Regarding future research, this study identifies key areas for further inquiry. First, to understand the temporal evolution of “anticipatory socialization,” longitudinal designs tracking professional identity from university entry to clinical integration would offer valuable insights beyond cross-sectional comparisons. Second, replicating this mixed-methods design across different health systems would help distinguish between cultural specificities and systemic trends. Finally, intervention studies testing early “Photovoice-mediated” clinical immersions could provide empirical evidence for the curricular reforms proposed here.
Conclusions
This study moves beyond identifying a preference gap to exposing a systemic “vocational dissonance” that threatens the sustainability of primary care nursing. The findings challenge the assumption that theoretical knowledge is sufficient for professional identity formation; rather, they demonstrate that “symbolic visibility” and “experiential anchors” are non-negotiable prerequisites for anticipatory socialization.
Theoretically, this work extends the PIF framework by identifying “affective disconnection”—not cognitive deficit—as the primary barrier to community nursing specialization. Methodologically, the mixed-methods integration was decisive: while quantitative data confirmed the hospital-centric bias, only the visual narrative revealed its root cause, the structural invisibility of the role.
For nursing education and policy, the implication is clear: recruitment strategies that rely solely on informational campaigns will fail. Reversing the workforce crisis requires a dual approach: pedagogical interventions that provide early, high-visibility immersion in community settings, and organizational reforms that elevate the prestige and professional autonomy of the community nurse. Without restoring the symbolic status of the profession, the health system risks perpetuating a cycle of invisibility that alienates its future workforce.
Footnotes
Acknowledgments
The authors would like to thank all participants in this study for their cooperation and assistance.
Ethical Approval and Informed Consent Statements
The study was conducted in accordance with the Declaration of Helsinki. In accordance with current local regulations, the study was approved by the IRB of the Nursing Management of the Vigo Health Area (with code 137-10-24). Given that this is a qualitative research study with a special focus on the perceptions of the participants, special emphasis has been placed on ensuring their voluntary participation, anonymity and confidentiality, and written informed consent was obtained from all subjects involved in the study.
Author Contributions
Paz Muñoz Vidal: conceptualization, methodology, formal analysis, investigation, writing‒original draft preparation, and writing‒review and editing.

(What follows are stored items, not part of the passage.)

//! Where a client is kept.
ghost use Rattle.std.specs.Prelude.{◌≡◌, false, IfSome, IfNone};
ghost use Rattle.inp_client.specs.Locations.{has_location, AreAscending, IsIndexOf, IsPlaceFor};

/// The number of a client, with its key in the slab.
#[derive(Clone, Copy)]
pub struct Location {
    pub number: u32,
    pub key: usize,
}

/// The index of the location with a number, among locations that ascend by number.
pub fn index_of(locations: &[Location], number: u32) -> Option<usize>
    requires ascending { AreAscending locations.now }
    ensures found { IfSome result (IsIndexOf locations.now number) }
    ensures none { IfNone result (has_location number locations.now ≡ false) }
{
    locations
        .binary_search_by_key(&number, |location| location.number)
        .ok()
}

/// The index at which a location with a number has its place, among locations that ascend by number.
pub fn place_for(locations: &[Location], number: u32) -> usize
    requires ascending { AreAscending locations.now }
    ensures place { IsPlaceFor locations.now number result }
{
    locations.partition_point(|location| location.number < number)
}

Macarena Chacón-Docampo: conceptualization, methodology, investigation, and writing‒review and editing.
Luis-Javier Márquez-Álvarez: writing‒original draft preparation, and writing‒review and editing.
Ana Isabel González Silva: writing‒review and editing, and supervision.
Funding
The authors received no financial support for the research, authorship, and/or publication of this article.
Declaration of Conflicting Interests
The authors declared no potential conflicts of interest with respect to the research, authorship, and/or publication of this article.
Data Availability Statement
The data presented in this study are available on request from the corresponding author due to participant's privacy.